|Title||Characterization of core-shell MOF particles by depth profiling experiments using on-line single particle mass spectrometry|
|Publication Type||Journal Article|
|Year of Publication||2015|
|Authors||Cahill JF, Fei H., Cohen SM, Prather KA|
|Type of Article||Article|
|Keywords||ammonium; coordination polymer crystals; desorption/ionization; fabrication; functionalization; ligand; metal-organic frameworks; morphology; nanoparticles; nanoscale; postsynthetic|
Materials with core-shell structures have distinct properties that lend themselves to a variety of potential applications. Characterization of small particle core-shell materials presents a unique analytical challenge. Herein, single particles of solid-state materials with core-shell structures were measured using on-line aerosol time-of-flight mass spectrometry (ATOFMS).
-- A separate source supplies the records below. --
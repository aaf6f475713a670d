ghost use Rattle.std.specs.Prelude.{◌≡◌, ◌<◌, ◌≤◌, ◌+◌, ◌-◌, ◌^◌, min};
ghost use Rattle.bdb_image.specs.Buckets.{bucket_names, run_names};

use bdb_meta::{group_of, page_of};

/// So many pages one after another, each as a bucket.
#[derive(Clone, Copy)]
pub struct BucketRun {
    pub first: u64,
    pub len: u32,
}

impl BucketRun {
    /// The page behind the last one.
    pub fn end(self) -> u64
        ensures { result ≡ min (self.first + self.len) (2 ^ 64 - 1) }
    {
        self.first.saturating_add(u64::from(self.len))
    }
}

/// The buckets of a table.
#[derive(Clone, Copy)]
pub struct Buckets {
    pub max_bucket: u32,
    pub spares: [u32; 32],
}

impl Buckets {
    /// The pages of a bucket and of those behind it in its group, which are consecutive. So a table has 32 runs at most.
    #[tactic(auto, using(crate::proofs::BucketLemmas::in_group, crate::proofs::BucketLemmas::group_ends, crate::proofs::BucketLemmas::group_fits))]
    pub fn run_from(&self, bucket: u32) -> BucketRun
        requires few { self.now.max_bucket < 2 ^ 31 }
        requires there { bucket ≤ self.now.max_bucket }
        ensures some { 0 < result.len }
        ensures within { bucket + result.len ≤ self.now.max_bucket + 1 }
        ensures names { run_names result.first result.len ≡ bucket_names self.now.spares bucket result.len }
    {
        let group_end = 2_u32.pow(group_of(bucket));
        let end = group_end.min(self.max_bucket + 1);
        BucketRun {
            first: page_of(bucket, &self.spares),
            len: end - bucket,
        }
    }
}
Laser 'depth profiling' experiments verified the core-shell nature of two known core-shell particle configurations (< 2 mu m diameter) that possessed inverted, complimentary core-shell compositions (ZrO2@SiO2 versus SiO2@ZrO2). The average peak area ratios of Si and Zr ions were calculated to definitively show their core-shell composition. These ratio curves acted as a calibrant for an uncharacterized sample - a metal-organic framework (MOF) material surround by silica (UiO-66(Zr)@SiO2; UiO = University of Oslo). ATOFMS depth profiling was used to show that these particles did indeed exhibit a core-shell architecture. The results presented here show that ATOFMS can provide unique insights into core-shell solid-state materials with particle diameters between 0.2-3 mu m.